In patients with LMCA lesions there is limited evidence of an advantage of the sirolimus and of the paclitaxel coated DES vs. CABG with respect to higher survival rate without myocardial infarction or stroke at one year, however, a disadvantage with respect to higher revascularisation-rates in follow-up up to two years after performed interventions.
Limited evidence exists also for an advantage of the DES implantations with sirolimus coated Cypher-Stent vs. CABG operation in patients with multivessel disease with respect to lower mortality and rate of myocardial infarctions at one year, however, for a disadvantage with respect to a higher revascularisation rate and the rate of repeated angina pectoris in follow-up up to two years after the primary intervention.
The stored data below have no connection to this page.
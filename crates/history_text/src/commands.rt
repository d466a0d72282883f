// What a line can ask for, and when.
use tick_machine::call::{Making, Settlement};

// Where a history stands: before an accepted link, at a draft, at an open link without a slip in hand, or with one.
#[derive(Clone, Copy, PartialEq, Eq, Debug)]
pub enum Phase {
    Before,
    Draft,
    Open,
    Holding,
}

#[derive(Clone, Copy, PartialEq, Eq, Debug)]
pub enum Command {
    Make(Making),
    // weight
    Add(u64),
    Open,
    // session, length, tag, side by side, as the line of a history has them
    Arrive(u64, u64, u64),
    // tick
    MoveTo(u64),
    // session
    AskFigures(u64),
    AskTotals,
    Take,
    // of the packet whose slip is in hand
    Settle(Settlement),
}
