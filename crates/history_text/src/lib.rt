// The text of a history as it is read: lines and fields, words and numbers, faults and commands.

#![tactic(auto)]

pub mod commands;
pub mod cuts;
pub mod faults;
mod fields;
mod numerals;
pub mod reading;
mod words;
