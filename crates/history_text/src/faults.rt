// What is wrong with a line.
ghost use Rattle.std.specs.Prelude.{◌≡◌};
ghost use Rattle.history_text.specs.Causes.{cause_number};

#[derive(Clone, Copy, PartialEq, Eq, Debug)]
pub enum Cause {
    // unknown word, word out of turn, wrong number of fields, no such number
    Unknown = 61,
    Untimely = 62,
    Miscounted = 63,
    NoNumber = 64,
}

impl Cause {
    pub fn number(self) -> u64
        ensures { result ≡ cause_number self }
    {
        self as u64
    }
}

// The cause, and the byte in the line, counted from 1.
#[derive(Clone, Copy, PartialEq, Eq, Debug)]
pub struct Fault {
    pub cause: Cause,
    pub byte: usize,
}
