// A text is cut at a byte. The parts borrow the text.
ghost use Rattle.std.specs.Prelude.{◌≡◌, ◌+◌, ◌≤◌, ◌==◌, length, position};
ghost use Rattle.std.specs.Iterator.{YieldsFirstRef, item_count};
ghost use Rattle.history_text.specs.Cuts.{cut, spread};
ghost use Rattle.history_text.specs.Parts.{left};

// The parts of a text that are still to come, one after another. None is left after the last.
//
// The library's `split` gives the same parts, but its iterator holds a closure, and a loop over such a one gets no statement that antt takes where
// the function around it has a type parameter and the loop an invariant, as in `print_history`.
#[derive(Clone, Copy, Debug)]
pub struct Parts<'a> {
    rest: Option<&'a [u8]>,
    at: u8,
}

// Where the byte stands first.
fn first_place(text: &[u8], at: u8) -> Option<usize>
    ensures { result ≡ position (λ x. x == at) text.now }
{
    text.iter().position(|b| *b == at)
}

impl<'a> Parts<'a> {
    #[tactic(auto, using(crate::proofs::Parting::spread_cut, crate::proofs::Parting::length_cut))]
    pub fn of(text: &'a [u8], at: u8) -> Parts<'a>
        ensures parts { left result ≡ cut at text.now }

        // So that places in the text, and a count of the parts, fit.
        ensures size { spread (left result) ≡ length text.now + 1 }
        ensures few { length (left result) ≤ length text.now + 1 }
    {
        Parts {
            rest: Some(text),
            at,
        }
    }
}

impl<'a> Iterator for Parts<'a> {
    type Item = &'a [u8];

    ghost next_gives = { YieldsFirstRef left };

    ghost remaining = { item_count left };

    fn next(&mut self) -> Option<&'a [u8]> {
        let text = self.rest?;
        match first_place(text, self.at) {
            Some(end) => {
                self.rest = Some(&text[end + 1..]);
                Some(&text[..end])
            }
            None => {
                self.rest = None;
                Some(text)
            }
        }
    }
}
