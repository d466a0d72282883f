// Numbers are read in decimal.
ghost use Rattle.std.specs.Prelude.{◌≡◌, ◌<◌, length};
ghost use Rattle.history_text.specs.Numerals.{amount, numeral};

// How many digits a number below 2 ^ 64 has at most.
const MOST_DIGITS: usize = 20;

// The number that the digits write, if each byte is one and the number fits. Where the first is none, no other is looked at; the library, which goes
// over all of them, would also take a plus there.
fn amount_of(digits: &[u8]) -> Option<u64>
    ensures { 0 < length digits.now → result ≡ amount 0 digits.now }
{
    if !digits.first()?.is_ascii_digit() {
        return None;
    }
    str::from_utf8(digits).ok()?.parse::<u64>().ok()
}

// The number that the bytes write, with no leading zero. More than MOST_DIGITS bytes write none, and are not looked at.
#[tactic(auto, unfolding(crate::specs::Numerals::numeral))]
pub fn number_of(bytes: &[u8]) -> Option<u64>
    ensures { result ≡ numeral bytes.now }
{
    if bytes.len() > MOST_DIGITS {
        return None;
    }
    match bytes {
        [] | [b'0', _, ..] => None,
        digits => amount_of(digits),
    }
}
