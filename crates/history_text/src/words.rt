// The words that a line may begin with.
ghost use Rattle.std.specs.Prelude.{◌≡◌};
ghost use Rattle.std.specs.Option.{ok_or};
ghost use Rattle.history_text.specs.declared.faults.Cause.TheVariants.{Unknown};
ghost use Rattle.history_text.specs.Vocabulary.{Spells, word, arity};

use crate::faults::Cause;

#[derive(Clone, Copy, PartialEq, Eq, Debug)]
pub enum Word {
    Link,
    Sess,
    Open,
    Arr,
    At,
    Figs,
    Tots,
    Take,
    Filed,
    Back,
}

// The words are chosen by char literals as cases on the field's bytes: the project asks for this form.
#[tactic(auto, using(std::proofs::lemmas::Slice::Eq::text_from_reads))]
fn spell(bytes: &[u8]) -> Option<Word>
    ensures { Spells bytes.now result }
{
    match bytes {
        [a, b] => match (char::from(*a), char::from(*b)) {
            ('a', 't') => Some(Word::At),
            _ => None,
        },
        [a, b, c] => match (char::from(*a), char::from(*b), char::from(*c)) {
            ('a', 'r', 'r') => Some(Word::Arr),
            _ => None,
        },
        [a, b, c, d] => match (
            char::from(*a),
            char::from(*b),
            char::from(*c),
            char::from(*d),
        ) {
            ('l', 'i', 'n', 'k') => Some(Word::Link),
            ('s', 'e', 's', 's') => Some(Word::Sess),
            ('o', 'p', 'e', 'n') => Some(Word::Open),
            ('f', 'i', 'g', 's') => Some(Word::Figs),
            ('t', 'o', 't', 's') => Some(Word::Tots),
            ('t', 'a', 'k', 'e') => Some(Word::Take),
            ('b', 'a', 'c', 'k') => Some(Word::Back),
            _ => None,
        },
        [a, b, c, d, e] => match (
            char::from(*a),
            char::from(*b),
            char::from(*c),
            char::from(*d),
            char::from(*e),
        ) {
            ('f', 'i', 'l', 'e', 'd') => Some(Word::Filed),
            _ => None,
        },
        _ => None,
    }
}

// The word that the bytes spell.
impl<'a> TryFrom<&'a [u8]> for Word {
    type Error = Cause;

    ghost try_from_gives = { λ bytes spelled. spelled ≡ ok_or (word bytes.now) Unknown };

    fn try_from(bytes: &'a [u8]) -> Result<Word, Cause> {
        spell(bytes).ok_or(Cause::Unknown)
    }
}

impl Word {
    // How many fields come after the word.
    pub fn arity(self) -> usize
        ensures { result ≡ arity self }
    {
        match self {
            Word::Link => 4,
            Word::Arr => 3,
            Word::Sess | Word::At | Word::Figs => 1,
            Word::Open | Word::Tots | Word::Take | Word::Filed | Word::Back => 0,
        }
    }
}
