// The fields of a line, one after another. A field borrows the line and knows the byte at which it begins, counted from 1.
ghost use Rattle.std.specs.Prelude.{◌≡◌, ◌+◌, ◌≤◌, ◌^◌, length};
ghost use Rattle.history_text.specs.Cuts.{cut, spread};
ghost use Rattle.history_text.specs.Parts.{left};

use crate::cuts::Parts;
use crate::faults::{Cause, Fault};
use crate::numerals::number_of;

// What a field is: bytes that may be a word, a number, or nothing between two spaces.
#[derive(Clone, Copy, PartialEq, Eq, Debug)]
pub enum Token<'a> {
    Word(&'a [u8]),
    Number(u64),
    Empty,
}

#[derive(Clone, Copy, PartialEq, Eq, Debug)]
pub struct Field<'a> {
    pub token: Token<'a>,
    pub place: usize,
}

// The fields that are still to come, the first of which begins at `place`.
#[derive(Clone, Copy, Debug)]
pub struct Fields<'a> {
    parts: Parts<'a>,
    place: usize,
    ghost within: { place + spread (left parts) ≤ 2 ^ 63 + 1 },
}

impl<'a> From<&'a [u8]> for Token<'a> {
    ghost use Rattle.history_text.specs.Fields.{kind, shown};

    ghost from_gives = { λ bytes token. shown token ≡ kind bytes.now };

    fn from(bytes: &'a [u8]) -> Token<'a> {
        if bytes.is_empty() {
            return Token::Empty;
        }
        match number_of(bytes) {
            Some(n) => Token::Number(n),
            None => Token::Word(bytes),
        }
    }
}

impl<'a> Token<'a> {
    ghost use Rattle.history_text.specs.Fields.{shown, number_in};

    pub fn number(self) -> Option<u64>
        ensures { result ≡ number_in (shown self.entry) }
    {
        match self {
            Token::Number(n) => Some(n),
            Token::Word(_) | Token::Empty => None,
        }
    }
}

impl<'a> Iterator for Fields<'a> {
    ghost use Rattle.std.specs.Iterator.{item_count};
    ghost use Rattle.history_text.specs.Fields.{coming, TakesField};

    type Item = Field<'a>;

    ghost next_gives = { TakesField };

    ghost remaining = { item_count coming };

    fn next(&mut self) -> Option<Field<'a>> {
        let bytes = self.parts.next()?;
        let place = self.place;
        self.place += bytes.len() + 1;
        Some(Field {
            token: Token::from(bytes),
            place,
        })
    }
}

impl<'a> Fields<'a> {
    ghost use Rattle.history_text.specs.Fields.{coming, first_number, later, onward};

    // All fields of the line.
    pub fn of(line: &'a [u8]) -> Fields<'a>
        ensures fields { coming result ≡ cut 32 line.now }
        ensures place { result.place ≡ 1 }
    {
        Fields {
            parts: Parts::of(line, b' '),
            place: 1,
        }
    }

    // How many are still to come.
    #[tactic(auto, using(crate::proofs::Parting::length_spread))]
    pub fn count(&self) -> usize
        ensures { result ≡ length (coming self.now) }
    {
        self.parts.count()
    }

    // The number of the next field.
    #[tactic(auto, using(crate::proofs::KindOf::number_in_kind))]
    pub fn next_number(&mut self) -> Result<u64, Fault>
        ensures value { result ≡ first_number self.old.place (coming self.old) }
        ensures later { coming self.new ≡ later (coming self.old) }
        ensures place { self.new.place ≡ onward self.old.place (coming self.old) }
    {
        let missing = Fault {
            cause: Cause::NoNumber,
            byte: self.place,
        };
        self.next()
            .and_then(|field| field.token.number())
            .ok_or(missing)
    }
}
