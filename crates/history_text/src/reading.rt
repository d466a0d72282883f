// A line is read: its word, then its numbers.
ghost use Rattle.std.specs.Prelude.{◌≡◌, length, IfOk};
ghost use Rattle.history_text.specs.Cuts.{cut};
ghost use Rattle.history_text.specs.Vocabulary.{arity};
ghost use Rattle.history_text.specs.Fields.{shown, word_in, coming};
ghost use Rattle.history_text.specs.Readings.{in_turn, judged, numbers, commanded, reading};

use crate::commands::{Command, Phase};
use crate::faults::{Cause, Fault};
use crate::fields::{Fields, Token};
use crate::words::Word;
use tick_machine::call::{Making, Settlement};

// Before an accepted link only `link`; in a draft `sess` and `open`; then the rest, but `take` only without a slip in hand, and `filed` and
// `back` only with one.
fn is_in_turn(phase: Phase, word: Word) -> bool
    ensures { result ≡ in_turn phase word }
{
    match phase {
        Phase::Before => matches!(word, Word::Link),
        Phase::Draft => matches!(word, Word::Sess | Word::Open),
        Phase::Open => matches!(
            word,
            Word::Arr | Word::At | Word::Figs | Word::Tots | Word::Take
        ),
        Phase::Holding => matches!(
            word,
            Word::Arr | Word::At | Word::Figs | Word::Tots | Word::Filed | Word::Back
        ),
    }
}

// The word of a line, with the fields after it. They are counted only where the word is in turn.
fn judge(phase: Phase, token: Token, after: &Fields) -> Result<Word, Cause>
    ensures value { result ≡ judged phase (word_in (shown token.entry)) (length (coming after.now)) }
    ensures counted { IfOk result (λ w. length (coming after.now) ≡ arity w) }
{
    let Token::Word(bytes) = token else {
        return Err(Cause::Unknown);
    };
    let word = Word::try_from(bytes)?;
    if !is_in_turn(phase, word) {
        return Err(Cause::Untimely);
    }
    if after.count() != word.arity() {
        return Err(Cause::Miscounted);
    }
    Ok(word)
}

// The command of the word, with a number from each of the fields.
fn command_from(word: Word, fields: &mut Fields) -> Result<Command, Fault>
    requires { length (coming fields.old) ≡ arity word }
    ensures { result ≡ commanded word (numbers fields.old.place (coming fields.old)) }
{
    match word {
        Word::Link => Ok(Command::Make(Making {
            number: fields.next_number()?,
            largest: fields.next_number()?,
            capacity: fields.next_number()?,
            weight: fields.next_number()?,
        })),
        Word::Sess => Ok(Command::Add(fields.next_number()?)),
        Word::Open => Ok(Command::Open),
        Word::Arr => {
            let session = fields.next_number()?;
            let size = fields.next_number()?;
            let tag = fields.next_number()?;
            Ok(Command::Arrive(session, size, tag))
        }
        Word::At => Ok(Command::MoveTo(fields.next_number()?)),
        Word::Figs => Ok(Command::AskFigures(fields.next_number()?)),
        Word::Tots => Ok(Command::AskTotals),
        Word::Take => Ok(Command::Take),
        Word::Filed => Ok(Command::Settle(Settlement::File)),
        Word::Back => Ok(Command::Settle(Settlement::Return)),
    }
}

// What all fields of a line ask for.
fn read_fields(phase: Phase, fields: &mut Fields) -> Result<Command, Fault>
    requires { fields.old.place ≡ 1 }
    ensures { result ≡ reading phase (coming fields.old) }
{
    let first = fields.next().ok_or(Fault {
        cause: Cause::Unknown,
        byte: 1,
    })?;
    let word = judge(phase, first.token, fields).map_err(|cause| Fault {
        cause,
        byte: first.place,
    })?;
    command_from(word, fields)
}

// What a line that is not empty asks for.
pub fn read(phase: Phase, line: &[u8]) -> Result<Command, Fault>
    ensures { result ≡ reading phase (cut 32 line.now) }
{
    let mut fields = Fields::of(line);
    read_fields(phase, &mut fields)
}
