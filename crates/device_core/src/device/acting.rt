//! Which package a command goes to, and the weights of a message.

ghost use Rattle.std.specs.Prelude.{◌≡◌, ◌+◌, ◌<◌, ◌≤◌, length};
ghost use Rattle.package_grammar.specs.declared.command.Command.{Command};
ghost use Rattle.package_grammar.specs.Grammar.{IsValid};
ghost use Rattle.sync_wire.specs.declared.cmd.Cmd.TheVariants.{PackageVersionAns};
ghost use Rattle.cast_wire.specs.declared.cmd.Cmd.TheVariants as cast;
ghost use Rattle.device_core.specs.Answers.{one_answer};
ghost use Rattle.device_core.specs.Device.{max_moment};
ghost use Rattle.device_core.specs.Step.{identifier_of, command_step, acts, step, weight, weights};
ghost use Rattle.device_core.specs.Passed.{command_tables, step_tables};
ghost use Rattle.device_core.specs.HeldSessions.{IsUp};
ghost use Rattle.device_core.specs.HeldPayloads.{Attempts};
ghost use Rattle.device_core.specs.Sendable.{IsSendable, IsReceivable};
ghost use Rattle.device_core.specs.Aside.{IsAside};

use super::Device;
use crate::arrival::Arrival;
use crate::class_session::{ClassSession, Kind};
use flash_session::Flash;
use frag_session::{SetupReq, Via};
use package_grammar::{Command, Message};
use session_store::FlashFault;

impl<F: Flash + Drop> Device<F> {
    ghost use Rattle.device_core.specs.HeldDevice.{StepsAside};

    /// Acts on one command; by multicast only DataFragment and FragSessionStatusReq act (this project's profile).
    #[tactic(auto, unfolding(crate::specs::Step::step, crate::specs::Answers::after_answers, crate::specs::Passed::step_tables))]
    pub(super) fn act(&mut self, here: Arrival, command: &Command) -> Result<(), FlashFault>
        requires up { IsUp self.old.sessions.state }
        requires moment { here.moment.t ≤ max_moment }
        requires command { IsReceivable here.port command.now }
        requires room { length self.old.outbox + weight command.now ≤ 8 }
        ensures { Attempts F.seen self.old self.new result
            (weight command.now) (λ device. step here device command.now)
            (λ device. step_tables here device command.now) }
    {
        if acts(here.via, command) {
            self.act_on_one(here, command)
        } else {
            Ok(())
        }
    }

    /// Acts on one command that came by unicast, or acts by multicast too.
    fn act_on_one(&mut self, here: Arrival, command: &Command) -> Result<(), FlashFault>
        requires up { IsUp self.old.sessions.state }
        requires moment { here.moment.t ≤ max_moment }
        requires command { IsReceivable here.port command.now }
        requires room { length self.old.outbox + weight command.now ≤ 8 }
        ensures { Attempts F.seen self.old self.new result
            (weight command.now) (λ device. command_step here device command.now)
            (λ device. command_tables here device command.now) }
    {
        match command {
            Command::Sync(cmd) => {
                self.act_on_sync(here, cmd);
                Ok(())
            }
            Command::Cast(cmd) => self.act_on_cast(here, cmd),
        }
    }

    /// The commands of TS003 and TS006.
    #[tactic(auto, unfolding(crate::specs::Step::command_step, crate::specs::Clock::answer_step, crate::specs::Answers::after_answers))]
    fn act_on_sync(&mut self, here: Arrival, cmd: &sync_wire::Cmd)
        requires command { IsReceivable here.port (Command.Sync cmd.now) }
        requires room { length self.old.outbox + weight (Command.Sync cmd.now) ≤ 8 }
        ensures { StepsAside self.old self.new (weight (Command.Sync cmd.now))
            (λ device. command_step here device (Command.Sync cmd.now)) }
    {
        use sync_wire::Cmd;
        match cmd {
            Cmd::PackageVersionReq => self.sync_package(here),
            Cmd::AppTimeAns { correction, token } => self.take_time(*correction, *token),
            Cmd::DeviceAppTimePeriodicityReq { .. } => self.periodicity(here),
            Cmd::ForceDeviceResyncReq { count } => self.resync(here, *count),
            Cmd::DevVersionReq => self.version(here),
            Cmd::DevRebootTimeReq { time } => self.reboot_time(here, *time),
            Cmd::DevRebootCountdownReq { count } => self.countdown(here, *count),
            Cmd::DevUpgradeImageReq => self.upgrade(here),
            Cmd::DevDeleteImageReq { version } => self.delete_image(here, *version),
            _ => {}
        }
    }

    /// The commands of TS004 and TS005.
    #[tactic(auto, unfolding(crate::specs::Step::command_step, crate::specs::Answers::after_answers, crate::specs::Passed::command_tables))]
    fn act_on_cast(&mut self, here: Arrival, cmd: &cast_wire::Cmd) -> Result<(), FlashFault>
        requires up { IsUp self.old.sessions.state }
        requires moment { here.moment.t ≤ max_moment }
        requires command { IsReceivable here.port (Command.Cast cmd.now) }
        requires room { length self.old.outbox + weight (Command.Cast cmd.now) ≤ 8 }
        ensures { Attempts F.seen self.old self.new result
            (weight (Command.Cast cmd.now))
            (λ device. command_step here device (Command.Cast cmd.now))
            (λ device. command_tables here device (Command.Cast cmd.now)) }
    {
        use cast_wire::Cmd;
        match cmd {
            Cmd::FragSessionSetupReq {
                index,
                mask,
                nb_frag,
                frag_size,
                algo,
                delay,
                padding,
                descriptor,
            } => self.setup(
                here,
                SetupReq {
                    index: *index,
                    mask: *mask,
                    nb_frag: *nb_frag,
                    frag_size: *frag_size,
                    algo: *algo,
                    delay: *delay,
                    padding: *padding,
                    descriptor: *descriptor,
                },
            ),
            Cmd::FragSessionDeleteReq { index } => self.delete(here, *index),
            Cmd::DataFragment { index, n, bytes } => {
                self.fragment(here, *index, *n, bytes.as_slice())
            }
            Cmd::FragSessionStatusReq { index, all } => {
                self.status(here, *index, *all);
                Ok(())
            }
            _ => {
                self.act_aside(here, cmd);
                Ok(())
            }
        }
    }

    /// The commands of TS004 and TS005 that belong to no session.
    #[tactic(auto, unfolding(crate::specs::Step::command_step, crate::specs::Answers::after_answers))]
    fn act_aside(&mut self, here: Arrival, cmd: &cast_wire::Cmd)
        requires aside { IsAside cmd.now }
        requires command { IsReceivable here.port (Command.Cast cmd.now) }
        requires room { length self.old.outbox + weight (Command.Cast cmd.now) ≤ 8 }
        ensures { StepsAside self.old self.new (weight (Command.Cast cmd.now))
            (λ device. command_step here device (Command.Cast cmd.now)) }
    {
        use cast_wire::Cmd;
        match cmd {
            Cmd::PackageVersionReq => self.cast_package(here),
            Cmd::McGroupStatusReq { mask } => self.groups(here, *mask),
            Cmd::McGroupSetupReq {
                id,
                addr,
                key,
                min,
                max,
            } => self.group_setup(here, *id, *addr, key, *min, *max),
            Cmd::McGroupDeleteReq { id } => self.group_delete(here, *id),
            Cmd::McClassCSessionReq {
                id,
                time,
                timeout,
                freq,
                dr,
            } => self.class_request(
                here,
                ClassSession {
                    id: *id,
                    kind: Kind::ClassC,
                    time: *time,
                    timeout: *timeout,
                },
                *freq,
                *dr,
            ),
            Cmd::McClassBSessionReq {
                id,
                time,
                periodicity,
                timeout,
                freq,
                dr,
            } => self.class_request(
                here,
                ClassSession {
                    id: *id,
                    kind: Kind::ClassB {
                        periodicity: *periodicity,
                    },
                    time: *time,
                    timeout: *timeout,
                },
                *freq,
                *dr,
            ),
            _ => {}
        }
    }

    /// PackageVersionReq of TS003 and TS006.
    fn sync_package(&mut self, here: Arrival)
        requires port { IsSendable here.port
            (Command.Sync (PackageVersionAns (identifier_of here.port) 1)) }
        requires room { length self.old.outbox < 8 }
        ensures { StepsAside self.old self.new 1
            (λ device. one_answer here device
            (Command.Sync (PackageVersionAns (identifier_of here.port) 1))) }
    {
        self.send(
            here.moment.t,
            here.port,
            Command::Sync(sync_wire::Cmd::PackageVersionAns {
                identifier: identifier_of(here.port),
                version: 1,
            }),
        );
    }

    /// PackageVersionReq of TS004 and TS005.
    fn cast_package(&mut self, here: Arrival)
        requires port { IsSendable here.port
            (Command.Cast (cast.PackageVersionAns (identifier_of here.port) 1)) }
        requires room { length self.old.outbox < 8 }
        ensures { StepsAside self.old self.new 1
            (λ device. one_answer here device
            (Command.Cast (cast.PackageVersionAns (identifier_of here.port) 1))) }
    {
        self.send(
            here.moment.t,
            here.port,
            Command::Cast(cast_wire::Cmd::PackageVersionAns {
                identifier: identifier_of(here.port),
                version: 1,
            }),
        );
    }
}

/// The identifier of the package of a port.
fn identifier_of(port: u8) -> u8
    ensures { result ≡ identifier_of port }
{
    match port {
        200 => 2,
        201 => 3,
        202 => 1,
        _ => 4,
    }
}

/// Whether a command that came this way acts.
fn acts(via: Via, command: &Command) -> bool
    ensures { result ≡ acts via command.now }
{
    match via {
        Via::Unicast => true,
        Via::Group(_) => matches!(
            command,
            Command::Cast(
                cast_wire::Cmd::DataFragment { .. } | cast_wire::Cmd::FragSessionStatusReq { .. }
            )
        ),
    }
}

/// Returns how many uplinks the commands of a message make at most.
pub fn weights(mut message: Message<'_>) -> u16
    requires { length message.commands ≤ 242 }
    ensures weight { result ≡ weights message.entry.commands }
    ensures few { result ≤ 1694 }
{
    let mut sum = 0;
    while let Some(command) = message.next() {
        sum += weight(&command);
    }
    sum
}

/// How many uplinks a command makes at most.
fn weight(command: &Command) -> u16
    requires { IsValid command.now }
    ensures weight { result ≡ weight command.now }
    ensures few { result ≤ 7 }
{
    match command {
        Command::Cast(cast_wire::Cmd::DataFragment { .. }) => 0,
        Command::Sync(sync_wire::Cmd::AppTimeAns { .. }) => 0,
        Command::Sync(sync_wire::Cmd::ForceDeviceResyncReq { count }) => u16::from(*count),
        _ => 1,
    }
}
The identified evidence for the differences in efficacy of DES vs. CABG was derived from non-randomised cohort studies with middle-term follow-up and should be proven in long-term follow-up and in RCT.
The evidence for a possible economic advantage of DES implantation vs. CABG in multivessel disease at one and three years after the primary intervention is also limited and should be proven on the basis of RCT. As far as this hypothesis is not confirmed in appropriate RCT, none of the interventions should be preferred from a health economic view.
There is no evidence for specific ethic, social or legal consequences of DES use. The independence and the privacy of the patients should only be restricted as low as possible. An informed consent of the patients is important and should be documented.